(Collected data entries)

===============

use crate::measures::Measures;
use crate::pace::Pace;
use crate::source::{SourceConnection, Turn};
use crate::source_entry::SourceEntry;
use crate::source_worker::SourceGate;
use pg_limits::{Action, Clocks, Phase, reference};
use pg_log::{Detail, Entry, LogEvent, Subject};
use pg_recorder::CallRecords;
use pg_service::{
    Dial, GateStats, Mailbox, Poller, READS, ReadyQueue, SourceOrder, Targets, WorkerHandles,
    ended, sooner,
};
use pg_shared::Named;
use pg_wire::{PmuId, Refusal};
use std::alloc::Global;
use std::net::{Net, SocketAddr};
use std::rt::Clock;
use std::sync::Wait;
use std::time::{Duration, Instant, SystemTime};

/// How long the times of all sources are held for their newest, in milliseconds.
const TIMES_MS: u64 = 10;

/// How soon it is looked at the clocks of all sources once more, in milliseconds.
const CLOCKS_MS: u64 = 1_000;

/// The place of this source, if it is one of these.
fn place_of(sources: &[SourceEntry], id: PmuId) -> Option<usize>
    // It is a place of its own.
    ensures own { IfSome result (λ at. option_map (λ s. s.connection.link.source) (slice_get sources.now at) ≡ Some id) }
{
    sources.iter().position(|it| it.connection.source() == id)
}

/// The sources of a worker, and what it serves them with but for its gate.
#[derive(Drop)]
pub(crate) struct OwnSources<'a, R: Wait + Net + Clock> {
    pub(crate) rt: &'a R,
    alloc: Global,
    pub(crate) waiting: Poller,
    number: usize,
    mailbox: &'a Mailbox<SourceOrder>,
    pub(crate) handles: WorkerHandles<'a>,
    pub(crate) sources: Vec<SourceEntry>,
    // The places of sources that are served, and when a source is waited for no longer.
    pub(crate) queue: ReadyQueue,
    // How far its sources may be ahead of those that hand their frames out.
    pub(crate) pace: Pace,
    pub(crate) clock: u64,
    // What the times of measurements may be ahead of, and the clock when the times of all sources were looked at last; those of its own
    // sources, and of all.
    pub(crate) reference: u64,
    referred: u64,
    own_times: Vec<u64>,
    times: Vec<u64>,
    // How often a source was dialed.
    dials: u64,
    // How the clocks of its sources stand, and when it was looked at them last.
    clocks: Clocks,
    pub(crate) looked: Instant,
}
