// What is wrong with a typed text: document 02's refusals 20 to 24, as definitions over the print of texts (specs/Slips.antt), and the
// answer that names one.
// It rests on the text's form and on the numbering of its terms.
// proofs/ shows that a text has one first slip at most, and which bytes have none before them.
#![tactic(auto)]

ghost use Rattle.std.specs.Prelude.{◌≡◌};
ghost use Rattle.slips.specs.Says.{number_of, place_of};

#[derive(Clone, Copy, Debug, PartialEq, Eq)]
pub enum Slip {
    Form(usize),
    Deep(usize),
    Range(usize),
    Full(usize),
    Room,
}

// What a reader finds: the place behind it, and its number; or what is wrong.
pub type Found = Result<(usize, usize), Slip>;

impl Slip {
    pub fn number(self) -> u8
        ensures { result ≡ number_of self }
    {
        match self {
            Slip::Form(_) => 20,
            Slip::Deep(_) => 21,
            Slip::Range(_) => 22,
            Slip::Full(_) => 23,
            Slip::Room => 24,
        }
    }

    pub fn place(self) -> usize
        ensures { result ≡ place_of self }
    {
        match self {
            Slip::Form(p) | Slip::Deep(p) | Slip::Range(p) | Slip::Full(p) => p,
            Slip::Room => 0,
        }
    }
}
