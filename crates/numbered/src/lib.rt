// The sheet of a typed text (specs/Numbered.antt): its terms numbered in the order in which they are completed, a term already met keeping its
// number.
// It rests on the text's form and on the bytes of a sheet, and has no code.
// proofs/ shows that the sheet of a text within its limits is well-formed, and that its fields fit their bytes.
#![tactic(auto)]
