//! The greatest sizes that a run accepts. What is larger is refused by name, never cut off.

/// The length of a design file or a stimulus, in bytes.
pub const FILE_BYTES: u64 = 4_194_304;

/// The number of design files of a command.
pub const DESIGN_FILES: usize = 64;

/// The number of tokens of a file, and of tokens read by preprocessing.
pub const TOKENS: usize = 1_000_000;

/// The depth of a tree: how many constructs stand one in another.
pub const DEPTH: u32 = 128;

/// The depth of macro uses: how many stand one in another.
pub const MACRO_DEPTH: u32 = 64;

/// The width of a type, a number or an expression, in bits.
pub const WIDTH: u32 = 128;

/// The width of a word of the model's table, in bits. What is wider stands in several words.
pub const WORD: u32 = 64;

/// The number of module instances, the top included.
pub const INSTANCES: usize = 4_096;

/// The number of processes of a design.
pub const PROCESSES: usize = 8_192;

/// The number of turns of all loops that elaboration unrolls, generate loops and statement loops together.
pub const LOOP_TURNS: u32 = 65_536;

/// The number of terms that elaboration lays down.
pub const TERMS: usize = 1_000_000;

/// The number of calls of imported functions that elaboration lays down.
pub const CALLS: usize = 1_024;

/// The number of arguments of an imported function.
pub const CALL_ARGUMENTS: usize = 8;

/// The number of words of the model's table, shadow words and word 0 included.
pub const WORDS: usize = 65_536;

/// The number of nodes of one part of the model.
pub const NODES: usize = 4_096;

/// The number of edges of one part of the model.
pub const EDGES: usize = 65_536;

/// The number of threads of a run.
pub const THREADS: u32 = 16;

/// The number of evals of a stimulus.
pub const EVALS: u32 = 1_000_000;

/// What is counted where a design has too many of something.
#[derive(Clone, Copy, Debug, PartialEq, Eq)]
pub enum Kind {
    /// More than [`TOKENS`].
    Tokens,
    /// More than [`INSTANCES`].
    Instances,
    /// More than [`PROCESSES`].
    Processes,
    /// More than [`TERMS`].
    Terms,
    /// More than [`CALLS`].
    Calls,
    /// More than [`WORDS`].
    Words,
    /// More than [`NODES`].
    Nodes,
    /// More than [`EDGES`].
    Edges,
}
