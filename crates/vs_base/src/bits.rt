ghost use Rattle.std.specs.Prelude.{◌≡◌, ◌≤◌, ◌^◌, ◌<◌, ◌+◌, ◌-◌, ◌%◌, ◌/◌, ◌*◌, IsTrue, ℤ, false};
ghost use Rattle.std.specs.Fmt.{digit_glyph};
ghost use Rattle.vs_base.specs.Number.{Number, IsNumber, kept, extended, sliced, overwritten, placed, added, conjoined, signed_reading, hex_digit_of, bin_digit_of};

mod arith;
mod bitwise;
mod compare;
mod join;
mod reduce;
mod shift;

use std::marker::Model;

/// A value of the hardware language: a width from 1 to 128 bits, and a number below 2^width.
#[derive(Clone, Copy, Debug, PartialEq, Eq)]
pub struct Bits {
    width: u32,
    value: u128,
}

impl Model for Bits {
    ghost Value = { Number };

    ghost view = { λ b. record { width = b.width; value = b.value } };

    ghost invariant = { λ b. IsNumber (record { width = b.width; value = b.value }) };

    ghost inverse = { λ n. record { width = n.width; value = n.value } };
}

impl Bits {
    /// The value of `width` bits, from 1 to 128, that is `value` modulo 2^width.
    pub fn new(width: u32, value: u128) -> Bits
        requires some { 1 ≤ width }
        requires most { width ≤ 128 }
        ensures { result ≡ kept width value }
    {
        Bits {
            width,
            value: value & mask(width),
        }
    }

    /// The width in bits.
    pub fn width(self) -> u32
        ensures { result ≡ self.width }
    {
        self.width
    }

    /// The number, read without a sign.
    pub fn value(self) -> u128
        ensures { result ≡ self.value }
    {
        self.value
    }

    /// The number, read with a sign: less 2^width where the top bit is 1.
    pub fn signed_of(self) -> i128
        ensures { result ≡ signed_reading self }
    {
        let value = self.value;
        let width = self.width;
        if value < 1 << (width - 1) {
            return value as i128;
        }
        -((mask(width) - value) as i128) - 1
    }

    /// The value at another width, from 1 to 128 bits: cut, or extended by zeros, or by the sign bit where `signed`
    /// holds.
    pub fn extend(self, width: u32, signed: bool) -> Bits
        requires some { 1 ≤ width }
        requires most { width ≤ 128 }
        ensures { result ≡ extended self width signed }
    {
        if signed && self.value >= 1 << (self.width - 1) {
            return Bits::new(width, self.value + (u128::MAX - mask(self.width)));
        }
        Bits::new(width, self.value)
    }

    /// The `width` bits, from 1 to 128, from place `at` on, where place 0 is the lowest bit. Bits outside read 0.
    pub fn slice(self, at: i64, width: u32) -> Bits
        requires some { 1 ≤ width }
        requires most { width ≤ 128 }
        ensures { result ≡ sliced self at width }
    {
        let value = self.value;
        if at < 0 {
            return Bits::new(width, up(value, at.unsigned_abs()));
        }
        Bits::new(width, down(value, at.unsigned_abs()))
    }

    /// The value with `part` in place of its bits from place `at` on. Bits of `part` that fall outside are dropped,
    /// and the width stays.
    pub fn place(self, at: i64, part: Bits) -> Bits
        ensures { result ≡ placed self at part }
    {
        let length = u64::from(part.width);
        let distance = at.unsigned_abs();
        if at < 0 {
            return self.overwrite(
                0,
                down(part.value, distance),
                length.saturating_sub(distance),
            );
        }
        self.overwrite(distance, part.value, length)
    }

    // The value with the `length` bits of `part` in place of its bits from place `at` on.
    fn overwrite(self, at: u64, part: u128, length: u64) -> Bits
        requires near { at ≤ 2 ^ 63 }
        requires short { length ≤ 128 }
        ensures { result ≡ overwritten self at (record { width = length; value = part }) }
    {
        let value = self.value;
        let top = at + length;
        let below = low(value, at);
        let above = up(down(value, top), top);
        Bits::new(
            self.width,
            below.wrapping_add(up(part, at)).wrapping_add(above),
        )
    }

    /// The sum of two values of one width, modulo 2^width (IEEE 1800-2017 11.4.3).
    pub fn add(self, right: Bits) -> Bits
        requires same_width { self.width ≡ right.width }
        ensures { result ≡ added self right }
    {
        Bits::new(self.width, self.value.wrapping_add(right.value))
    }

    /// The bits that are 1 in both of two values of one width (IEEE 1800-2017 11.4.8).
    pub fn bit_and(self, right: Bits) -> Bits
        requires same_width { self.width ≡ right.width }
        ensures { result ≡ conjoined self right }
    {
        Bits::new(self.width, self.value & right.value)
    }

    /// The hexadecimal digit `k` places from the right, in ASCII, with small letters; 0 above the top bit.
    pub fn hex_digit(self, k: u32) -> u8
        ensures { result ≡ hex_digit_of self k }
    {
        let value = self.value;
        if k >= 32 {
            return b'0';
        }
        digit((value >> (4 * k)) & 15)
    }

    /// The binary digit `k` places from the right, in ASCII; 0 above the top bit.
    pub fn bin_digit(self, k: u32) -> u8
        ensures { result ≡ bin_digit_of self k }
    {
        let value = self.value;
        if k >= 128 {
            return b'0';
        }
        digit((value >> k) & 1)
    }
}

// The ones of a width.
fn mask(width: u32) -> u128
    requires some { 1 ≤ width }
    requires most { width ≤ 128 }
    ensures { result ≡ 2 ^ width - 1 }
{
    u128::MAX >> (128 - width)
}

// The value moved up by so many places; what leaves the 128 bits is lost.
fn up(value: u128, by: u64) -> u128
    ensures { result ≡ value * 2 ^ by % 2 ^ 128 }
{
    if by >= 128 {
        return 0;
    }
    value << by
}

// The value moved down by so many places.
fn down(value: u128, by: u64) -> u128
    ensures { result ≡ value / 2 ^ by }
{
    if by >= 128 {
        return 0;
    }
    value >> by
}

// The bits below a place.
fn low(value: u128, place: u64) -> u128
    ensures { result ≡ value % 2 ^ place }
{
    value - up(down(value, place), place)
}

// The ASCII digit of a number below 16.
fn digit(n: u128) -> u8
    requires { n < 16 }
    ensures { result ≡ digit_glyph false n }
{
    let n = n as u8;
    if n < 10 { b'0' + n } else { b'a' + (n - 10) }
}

===============

- _TASK ITEM_: All lines above from the one holding "pub const WIDTH: u32 = 128;" to the one holding "pub const CALL_ARGUMENTS: usize = 8;", inclusive, are to be copied exactly; no other line is wanted.

- _OUTPUT FOR THIS EXERCISE_:
pub const WIDTH: u32 = 128;

/// The width of a word of the model's table, in bits. What is wider stands in several words.
pub const WORD: u32 = 64;

/// The number of module instances, the top included.
pub const INSTANCES: usize = 4_096;

/// The number of processes of a design.
pub const PROCESSES: usize = 8_192;

/// The number of turns of all loops that elaboration unrolls, generate loops and statement loops together.
pub const LOOP_TURNS: u32 = 65_536;

/// The number of terms that elaboration lays down.
pub const TERMS: usize = 1_000_000;

/// The number of calls of imported functions that elaboration lays down.
pub const CALLS: usize = 1_024;

/// The number of arguments of an imported function.
pub const CALL_ARGUMENTS: usize = 8;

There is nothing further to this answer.